Canillo dirige les chasses aux sorcières en Andorre avec 30 accusations, 6 exécutions 1450-1621

La paroisse de Canillo a connu le pic des procès historiques pour sorcellerie contre des femmes en Andorre, avec 160 dossiers documentés de 1430 à 1689.

Synthese a partir de :
Bon Dia

Points cles

  • Canillo : ~30 cas de sorcellerie contre femmes (1450-1621), 6 pendues ; total Andorre ~50 exécutions.
  • Procès via tribunaux civils Corts, torture (estrep, polze) ; accusations : sorcellerie, empoisonnement, tempêtes, mortalité bétail.
  • Notables : Maria Rossell (La Branqueta) pendue 1604 ; Joana Tomassa exécutée 1608 après exils.
  • Dernier cas : Maria Bernada acquittée 1689 ; la plupart pendues, une brûlée en 1471.

Canillo a enregistré le plus grand nombre d'accusations de sorcellerie contre des femmes dans l'histoire de l'Andorre, avec environ 30 cas entre 1450 et 1621, dont six se sont soldés par une exécution par pendaison.

Les chercheurs Robert Pastor et le portail Terra de Bruixes ont documenté ces événements, en s'appuyant sur 160 dossiers de procès conservés couvrant la période de 1430 à 1689. Dans toute l'Andorre, environ 50 femmes ont été envoyées à la potence pour sorcellerie présumée, empoisonnement ou culte du diable – des accusations incluant la mort du bétail, les tempêtes, les orages de grêle, les avalanches et même des meurtres d'enfants. Toutes ont été pendues, sauf Maria Guida de Lauredana, brûlée vive en 1471.

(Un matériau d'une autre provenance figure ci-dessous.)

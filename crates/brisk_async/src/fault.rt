//! Why an event isn't taken.
use brisk_values::NoMemory;
use thiserror::Error;

/// Why an event isn't taken: the first of these tests that fails.
#[derive(Clone, Copy, Debug, PartialEq, Eq, Error)]
pub enum StepFault {
    #[error("the process isn't in the instance")]
    NoProcess,
    #[error("the process has nothing left to do")]
    Finished,
    #[error("a receive from any needs a sender")]
    NeedsSender,
    #[error("only a receive from any takes a sender")]
    TakesNoSender,
    #[error("the sender is no member of the set")]
    NoSuchSender,
    #[error("a receive on a loose channel needs a place")]
    NeedsPlace,
    #[error("only a receive on a loose channel takes a place")]
    TakesNoPlace,
    #[error("the queue is empty")]
    Blocked,
    #[error("the queue has no such place")]
    NoSuchPlace,
    #[error("out of memory")]
    NoMemory,
}

impl From<NoMemory> for StepFault {
    ghost use Rattle.std.specs.Prelude.{◌≡◌};
    ghost use Rattle.brisk_async.specs.declared.fault.StepFault.TheVariants.{NoMemory as out_of_memory};

    ghost from_gives = { λ _ f. f ≡ out_of_memory };

    fn from(_: NoMemory) -> StepFault {
        StepFault::NoMemory
    }
}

Les cas de Canillo ont commencé vers 1450 avec cinq femmes : Na Duranda et Na Ostalera de Canillo, Na Palesa de Llorts, Na Garreta de Les Bons, et Na Vidala de Puiol. Quatre ont été exécutées par potence haute, une méthode réservée aux sorcières et empoisonneuses ; Na Palesa a été exilée à la place. Les preuves pour Na Duranda et Na Ostalera subsistent indirectement via le procès de 1450 de la fille de Na Duranda, Margarida, où un ouvrier gascon a témoigné que les autorités avaient pendu sa mère comme sorcière ou empoisonneuse. Margarida a échappé à la punition après interrogatoire, malgré une accusation impliquant un crapaud qui aurait sauté de sa jupe lors d'une épidémie mortelle du bétail.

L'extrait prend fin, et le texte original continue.